21. We have a database of . When user
inputs a product name, how to return results fast?

22. If user gives a budget value, how to find the most expensive product
under budget? Assume the data fits in memory. What data structure, or
algorithm you use to find the product quickly? Write the program for it.

23. Given yelp data, how to find top 10 restaurants in America?

24. Given a large file that we don’t know how many lines are there. It
doesn’t fit into memory. We want to sample K lines from the file uniformly.
Write a program for it.

25. How to determine if one advertisement is performing better than the

26. How to evaluate classification result? What if the results are in
probability mode?
If I want to build a classifier, but the data is very unbalanced. I have a
few positive samples but a lot of negative samples. What should I do?

27. Given a lot of data, I want to random sample 1% of them. How to do it

28. When a new user signs up Pinterest, we want to know its interests. We
decide to show the user a few pins, 2 pins at a time. Let the user choose
which pin s/he likes. After the user clicks on one of the 2, we select
another 2 pins.
Question: how to design the system and select the pins so that we can
achieve our goal?

29. Write a function to compute sqrt(X). Write a function to compute pow(x,
n) [square root and power)

30. Given a matrix
a b c d
e f g h
i j k l
Print it in this order:
a f k
b g l
c h
e j

31. Given a matrix and an array of words, find if the words are in the
matrix. You can search the

matrix in all directions: from left to right, right to left, up to down,
down to up, or diagonally.
For example
w o r x b
h e l o v
i n d e m

then the word “world” is in the matrix.

32. Given a coordinates, and two points A and B. How many ways to go from A
to B? You can only move up or right.
For example, from (1, 1) to (5, 7), one possible way is 1,1 -> 2, 1… 5, 1 –
> 5,2 -> ..5, 7

33. In a city where there are only vertical and horizontal streets. There
are people on the cross point. These people want to meet. Please find a
cross point to minimize the cost for all the people to move.
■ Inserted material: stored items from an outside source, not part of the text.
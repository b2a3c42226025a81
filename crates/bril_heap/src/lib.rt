//! The blocks of memory of a running program. Each call faults exactly by the table of faults, and a block that is freed
//! gives its memory back.
//!
//! 1. The blocks, and how many cells are live (`src/cells.rt`).
//! 2. Where blocks and cells are found (`src/block.rt`).
//! 3. How they are kept: a kind of one byte and a word for each cell (`src/stored_block.rt`, `src/stored_cell.rt`).
#![tactic(auto)]

mod block;
mod cells;
mod fault;
mod stored_block;
mod stored_cell;

pub use cells::Cells;
pub use fault::HeapFault;
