// One block of memory, as it is kept.

ghost use Rattle.std.specs.Prelude.{◌≡◌, ◌<◌, [], length, replicate, slice_set, true, false, None, Some, IfOk};
ghost use Rattle.bril_tree.specs.declared.value.Value.TheVariants.{Bool};

use crate::stored_cell::{Kind, letter_of, pointer_of, pointer_word, truth_kind};
use bril_tree::value::Value;
use std::alloc::{AllocError, Global};
use std::marker::Model;

// A block: whether it is live, and of each of its cells the kind and the word, which are as many; none once it is ended. A cell
// takes 9 bytes, and a bool is stored by writing one of them: the word stays as it was.
#[derive(Drop)]
pub struct StoredBlock {
    is_live: bool,
    kinds: Vec<Kind>,
    words: Vec<u64>,
}

impl Model for StoredBlock {
    ghost use Rattle.std.specs.List.{AllZip};
    ghost use Rattle.bril_heap.specs.Heap.{BlockView};
    ghost use Rattle.bril_heap.specs.Stored.{cells_held, IsFit};

    ghost Value = { BlockView };

    ghost view = { λ b. record { is_live = b.is_live; cells = cells_held b.kinds.items b.words.items } };

    ghost invariant = { λ b. AllZip IsFit b.kinds.items b.words.items };
}

impl StoredBlock {
    ghost use Rattle.bril_heap.specs.Heap.{entries_of};
    ghost use Rattle.bril_heap.specs.Stored.{cell_held, IsFit};

    // A live block of so many cells that hold nothing. Fails only for want of memory.
    pub fn empty(alloc: Global, size: usize) -> Result<StoredBlock, AllocError>
        ensures { IfOk result (λ made. made ≡ record { is_live = true; cells = replicate size None }) }
    {
        let kinds = vec![in alloc; Kind::Never; size]?;
        let words = vec![in alloc; 0; size]?;
        Ok(StoredBlock {
            is_live: true,
            kinds,
            words,
        })
    }

    pub fn is_live(&self) -> bool
        ensures { result ≡ self.now.is_live }
    {
        self.is_live
    }

    // How many cells it has.
    pub fn size(&self) -> usize
        ensures { result ≡ length self.now.cells }
    {
        self.kinds.len()
    }

    // Ends the block, and gives back the memory of its cells.
    pub fn end(&mut self)
        ensures { self.new ≡ record { is_live = false; cells = [] } }
    {
        self.is_live = false;
        self.kinds = Vec::new(*self.kinds.allocator());
        self.words = Vec::new(*self.words.allocator());
    }

    // What a cell holds, where it was stored.
    pub fn entry(&self, cell: usize) -> Option<Value>
        requires { cell < length self.now.cells }
        ensures { result ≡ entries_of self.now.cells cell }
    {
        match self.kinds[cell] {
            Kind::Never => None,
            Kind::False => Some(Value::Bool(false)),
            Kind::True => Some(Value::Bool(true)),
            Kind::Int => Some(Value::Int(self.words[cell].cast_signed())),
            Kind::Char => Some(Value::Char(letter_of(self.words[cell]))),
            Kind::Ptr => Some(pointer_of(self.words[cell])),
        }
    }

    // The cell gets the value.
    pub fn put(&mut self, cell: usize, value: Value)
        requires { cell < length self.old.cells }
        ensures { self.new ≡ record self.old { cells = slice_set self.old.cells cell (Some value) } }
    {
        match value {
            Value::Int(number) => self.set_word(cell, Kind::Int, number.cast_unsigned()),
            Value::Bool(truth) => self.set_truth(cell, truth),
            Value::Char(letter) => self.set_word(cell, Kind::Char, letter as u64),
            Value::Ptr { block, offset } => {
                self.set_word(cell, Kind::Ptr, pointer_word(block, offset));
            }
        }
    }

    // The cell gets a bool.
    fn set_truth(&mut self, cell: usize, truth: bool)
        requires { cell < length self.old.cells }
        ensures { self.new ≡ record self.old { cells = slice_set self.old.cells cell (Some (Bool truth)) } }
    {
        self.kinds[cell] = truth_kind(truth);
    }

    // The cell gets a kind and a word.
    fn set_word(&mut self, cell: usize, kind: Kind, word: u64)
        requires inside { cell < length self.old.cells }
        requires fits { IsFit kind word }
        ensures { self.new ≡ record self.old { cells = slice_set self.old.cells cell (cell_held kind word) } }
    {
        self.kinds[cell] = kind;
        self.words[cell] = word;
    }
}
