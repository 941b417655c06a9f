//! Tests below the languages: lists, disks and outlets, executables, routines, and the machine that steps.
#![tactic(auto)]

#[cfg(test)]
mod chain;
#[cfg(test)]
mod counts;
#[cfg(test)]
mod executables;
#[cfg(test)]
mod fills;
#[cfg(test)]
mod jumps;
#[cfg(test)]
mod lists;
#[cfg(test)]
mod machine;
#[cfg(test)]
mod outside;
#[cfg(test)]
mod routines;
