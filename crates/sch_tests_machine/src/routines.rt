//! The run-time routines, and a program resolved with them.

ghost use Rattle.std.specs.Prelude.{IfOk};
ghost use Rattle.sch_asm.specs.Items.{AreOwn};

use sch_asm::{Asm, AsmError, ItemList, Resolved, Word, resolve};
use sch_runtime::routines;
use sch_word::{List, Mem};
use std::alloc::Global;
use std::test::Fail;

/// Where the heap ends, of which these programs take nothing.
const HEAP_END: u32 = 0x1000_1000;

/// A program resolved with the routines.
pub(crate) fn resolved(alloc: Global, program: &Asm) -> Result<Resolved, AsmError>
    requires { AreOwn program.now.items }
{
    let routines = routines(alloc, HEAP_END)?;
    resolve(alloc, program, &routines)
}

// No items, a word and a zero.
fn one_word(alloc: Global) -> Result<Asm, Mem>
    ensures { IfOk result (λ a. AreOwn a.items) }
{
    let mut words = List::new(alloc);
    words.push(Word::Fixed(258))?;
    Ok(Asm {
        items: ItemList::new(alloc),
        words,
        zeros: 8,
    })
}

// It resolved.
fn resolved_word(alloc: Global) -> Result<Resolved, AsmError> {
    let program = one_word(alloc)?;
    resolved(alloc, &program)
}

#[test]
fn routines_are_resolved(rt: HostRuntime) -> Result<(), Fail> {
    let resolved = resolved_word(rt.alloc())?;
    assert!(rt; resolved.code.len() == 339);
    assert!(rt; resolved.words.as_slice() == [2, 1, 0, 0, 0, 0, 0, 0].as_slice());
    Ok(())
}
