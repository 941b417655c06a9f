//! A small run, counted.

use crate::machine::machine;
use sch_asm::Mark;
use sch_count::{CountError, Counts, Extent, Row, count};
use sch_io::NullOutlet;
use sch_word::MarkKind;
use std::alloc::Global;
use std::test::Fail;

/// mov rax, 1; mov rdi, 1; mov rdx, 0; syscall; mov rdi, 7; mov rax, 60; syscall, at 400000, 400007, 40000e, 400015,
/// 400017, 40001e and 400025.
const TEXT: [u8; 39] = [
    0x48, 0xC7, 0xC0, 0x01, 0x00, 0x00, 0x00, 0x48, 0xC7, 0xC7, 0x01, 0x00, 0x00, 0x00, 0x48, 0xC7,
    0xC2, 0x00, 0x00, 0x00, 0x00, 0x0F, 0x05, 0x48, 0xC7, 0xC7, 0x07, 0x00, 0x00, 0x00, 0x48, 0xC7,
    0xC0, 0x3C, 0x00, 0x00, 0x00, 0x0F, 0x05,
];

// Whether a row has these activations, leaves, saves and saves of leaves.
fn has(row: &Row, wanted: [u128; 4]) -> bool {
    let [activations, leaves, saves, leaf_saves] = wanted;
    row.activations == activations
        && row.leaves == leaves
        && row.saves == saves
        && row.leaf_saves == leaf_saves
}

// The marks are in no order of addresses.
const MARKS: [Mark; 7] = [
    Mark {
        address: 0x40_0025,
        kind: MarkKind::Save(3),
    },
    Mark {
        address: 0x40_0015,
        kind: MarkKind::Save(2),
    },
    Mark {
        address: 0x40_0015,
        kind: MarkKind::Return,
    },
    Mark {
        address: 0x40_000E,
        kind: MarkKind::Enter(1),
    },
    Mark {
        address: 0x40_0007,
        kind: MarkKind::Call(0),
    },
    Mark {
        address: 0x40_0000,
        kind: MarkKind::Enter(0),
    },
    Mark {
        address: 0x40_0000,
        kind: MarkKind::Save(1),
    },
];

const EXTENT: Extent = Extent {
    bodies: 2,
    steps: 7,
};

// What is counted of the run.
fn counted(alloc: Global) -> Result<Counts, CountError> {
    let mut m = machine(alloc, &TEXT, &[0; 8], 8)?;
    count(alloc, &mut m, &mut NullOutlet::new(), &MARKS, EXTENT)
}

fn are_rows(rows: &[Row]) -> bool {
    match rows {
        [first, last] => has(first, [1, 0, 2, 0]) && has(last, [1, 1, 1, 1]),
        _ => false,
    }
}

// Body 0 saves, calls body 1, which saves and returns, and saves again.
#[test]
fn counts(rt: HostRuntime) -> Result<(), Fail> {
    let counts = counted(rt.alloc())?;
    assert!(rt; counts.status == 7);
    assert!(rt; are_rows(counts.rows.as_slice()));
    Ok(())
}
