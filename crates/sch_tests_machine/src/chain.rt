//! Jumps that lengthen one another, one after the other.

ghost use Rattle.std.specs.Prelude.{◌≤◌, OnOk};
ghost use Rattle.sch_jumps.specs.Sizes.{ArePieces};

use sch_jumps::{Piece, long_jumps};
use sch_word::{List, Mem};
use std::alloc::Global;
use std::test::Fail;

// How many jumps there are before the last.
const LINKS: u32 = 100_000;

// So many bytes behind 120 others.
#[tactic(auto, using(crate::proofs::JoinedPieces::are_pieces_behind))]
fn bytes_behind_120(pieces: &mut List<Piece>, count: u8) -> Result<(), Mem>
    requires few { count ≤ 15 }
    requires sound { ArePieces pieces.old }
    ensures sound { OnOk result (ArePieces pieces.new) }
{
    for _ in 0..8 {
        pieces.push(Piece::Bytes(15))?;
    }
    pieces.push(Piece::Bytes(count))
}

// Jumps that have five bytes where they are long, each over 125 bytes and the next jump.
#[tactic(auto, using(crate::proofs::JoinedPieces::are_pieces_behind))]
fn links(pieces: &mut List<Piece>) -> Result<(), Mem>
    requires sound { ArePieces pieces.old }
    ensures sound { OnOk result (ArePieces pieces.new) }
{
    pieces.push(Piece::Jump(5, 0))?;
    for label in 1..LINKS {
        bytes_behind_120(pieces, 5)?;
        pieces.push(Piece::Jump(5, label))?;
        pieces.push(Piece::Label(label - 1))?;
    }
    bytes_behind_120(pieces, 5)
}

fn count_true(all: &[bool]) -> usize {
    let mut count = 0usize;
    for one in all {
        if *one {
            count = count.saturating_add(1);
        }
    }
    count
}

// They, and then one that goes over so many bytes and 120.
#[tactic(auto, using(crate::proofs::JoinedPieces::are_pieces_behind))]
fn push_chain(pieces: &mut List<Piece>, count: u8) -> Result<(), Mem>
    requires few { count ≤ 15 }
    requires sound { ArePieces pieces.old }
    ensures sound { OnOk result (ArePieces pieces.new) }
{
    links(pieces)?;
    pieces.push(Piece::Jump(5, LINKS))?;
    pieces.push(Piece::Label(LINKS - 1))?;
    bytes_behind_120(pieces, count)?;
    pieces.push(Piece::Label(LINKS))
}

// How many of these jumps are long.
fn long_ones(alloc: Global, count: u8) -> Result<usize, Mem>
    requires few { count ≤ 15 }
{
    let mut pieces = List::new(alloc);
    push_chain(&mut pieces, count)?;
    let longs = long_jumps(alloc, pieces.as_slice())?;
    Ok(count_true(longs.as_slice()))
}

/// A jump over 128 bytes makes all before it long; one over 127 leaves all of them short.
#[test]
fn one_long_jump_lengthens_all_before_it(rt: HostRuntime) -> Result<(), Fail> {
    assert!(rt; long_ones(rt.alloc(), 7)? == 0);
    assert!(rt; long_ones(rt.alloc(), 8)? == LINKS as usize + 1);
    Ok(())
}
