//! Disks and outlets: that calls succeed, and what the host's files and streams do.

use sch_io::{
    Disk, DiskRead, Failed, FirmDisk, HostDisk, MemDisk, MemOutlet, NullOutlet, Outlet, StdOutlet,
    put_all,
};
use sch_word::{Answer, Bytes, Mem};
use std::alloc::Global;
use std::fs;
use std::fs::{File, OpenOptions};
use std::test::Fail;

// Whether a file is read within a limit and holds these bytes.
fn holds<D: Disk>(alloc: Global, disk: &mut D, name: &str, limit: u64, bytes: &[u8]) -> bool {
    match disk.read(alloc, name, limit) {
        Ok(file) => file.as_slice() == bytes,
        Err(_) => false,
    }
}

// Whether a file is longer than a limit.
fn is_too_large<D: Disk>(alloc: Global, disk: &mut D, name: &str, limit: u64) -> bool {
    matches!(disk.read(alloc, name, limit), Err(DiskRead::TooLarge))
}

// Whether a file is not read.
fn is_absent<D: Disk>(alloc: Global, disk: &mut D, name: &str) -> bool {
    matches!(disk.read(alloc, name, 3), Err(DiskRead::Failed))
}

// Whether a file is written.
fn writes<D: Disk>(disk: &mut D, name: &str, bytes: &[u8]) -> bool {
    match disk.write(name, bytes) {
        Ok(()) => true,
        Err(Failed) => false,
    }
}

// Whether all of a piece is taken.
fn takes<O: Outlet>(out: &mut O, piece: &[u8]) -> bool {
    put_all(out, piece)
}

// A disk whose file `a` has three bytes.
fn small_disk(alloc: Global) -> Result<MemDisk, Mem> {
    let name = Bytes::from_slice(alloc, b"a")?;
    let file = Bytes::from_slice(alloc, b"xyz")?;
    MemDisk::new(alloc, &[(name, file)], 10, &[])
}

#[test]
fn a_disk_in_memory_is_read_and_written(rt: HostRuntime) -> Result<(), Fail> {
    let mut disk = small_disk(rt.alloc())?;
    assert!(rt; holds(rt.alloc(), &mut disk, "a", 3, b"xyz"));
    assert!(rt; writes(&mut disk, "b", b"1234"));
    assert!(rt; holds(rt.alloc(), &mut disk, "b", 4, b"1234"));
    Ok(())
}

// A name that is not there is read as the empty file, and a file without room is dropped.
#[test]
fn a_firm_disk_never_fails(rt: HostRuntime) -> Result<(), Fail> {
    let mut disk = FirmDisk::new(rt.alloc(), &[], 5)?;
    assert!(rt; writes(&mut disk, "a", b"1234"));
    assert!(rt; holds(rt.alloc(), &mut disk, "a", 4, b"1234"));
    assert!(rt; is_too_large(rt.alloc(), &mut disk, "a", 3));
    assert!(rt; writes(&mut disk, "b", b""));
    assert!(rt; holds(rt.alloc(), &mut disk, "b", 4, b""));
    Ok(())
}

#[test]
fn an_outlet_in_memory_answers_by_its_plan(rt: HostRuntime) -> Result<(), Fail> {
    let plan = [Answer::Took(1), Answer::Took(9)];
    let mut outlet = MemOutlet::new(rt.alloc(), &plan, 4)?;
    assert!(rt; takes(&mut outlet, b"abc"));
    assert!(rt; outlet.taken() == b"abc".as_slice());
    assert!(rt; takes(&mut NullOutlet::new(), b"abc"));
    Ok(())
}

// Whether a file of the host holds these bytes.
fn is_on_host(rt: &HostRuntime, name: &str, bytes: &[u8]) -> bool {
    match fs::read(rt, name) {
        Ok(file) => file.as_slice() == bytes,
        Err(_) => false,
    }
}

#[test]
fn the_hosts_files_are_read_and_written(rt: HostRuntime) -> Result<(), Fail> {
    let mut disk = HostDisk::new(&rt);
    assert!(rt; writes(&mut disk, "io-test-file", b"xyz"));
    assert!(rt; is_on_host(&rt, "io-test-file", b"xyz"));
    assert!(rt; holds(rt.alloc(), &mut disk, "io-test-file", 3, b"xyz"));
    assert!(rt; is_too_large(rt.alloc(), &mut disk, "io-test-file", 2));
    fs::remove_file(&rt, "io-test-file")?;
    assert!(rt; is_absent(rt.alloc(), &mut disk, "io-test-file"));
    assert!(rt; !writes(&mut disk, "/dev/full", b"xyz"));
    Ok(())
}

#[test]
fn the_hosts_streams_take_bytes_and_may_fail(rt: HostRuntime) -> Result<(), Fail> {
    let mut outlet = StdOutlet::new(File::create(&rt, "io-test-stream")?);
    assert!(rt; takes(&mut outlet, b"abc"));
    assert!(rt; is_on_host(&rt, "io-test-stream", b"abc"));
    fs::remove_file(&rt, "io-test-stream")?;
    assert!(rt; takes(&mut StdOutlet::new(rt.stdout()), b""));
    let full = OpenOptions::new().write(true).open(&rt, "/dev/full")?;
    assert!(rt; !takes(&mut StdOutlet::new(full), b"abc"));
    Ok(())
}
34. Design a job search ranking algorithm on glassdoor

35. How to identify review spam?

36. Glassdoor has this kind of data about a job : (position, company,
location, salary). For example (Software Engineer, Microsoft, Seattle, $125K
). For some records, all four entires are available. But for others, the
salary is missing. Design a way to estimate salary for those records.

37. When to send emails to users in a day can get maximum click through rate?

38. Youtube has video play log like this:
Video ID, time
vid1 t1
vid2 t2
… …
The log is super large.
Find out the top 10 played videos on youtube in a given week.

39. Write a program to copy a graph

40. A bank has this access log:
IP address, time
ip1 t1
ip2 t2
… …

If one ip accessed K times within m seconds, it may be an attack.
Given the log, identify all IPs that may cause attack.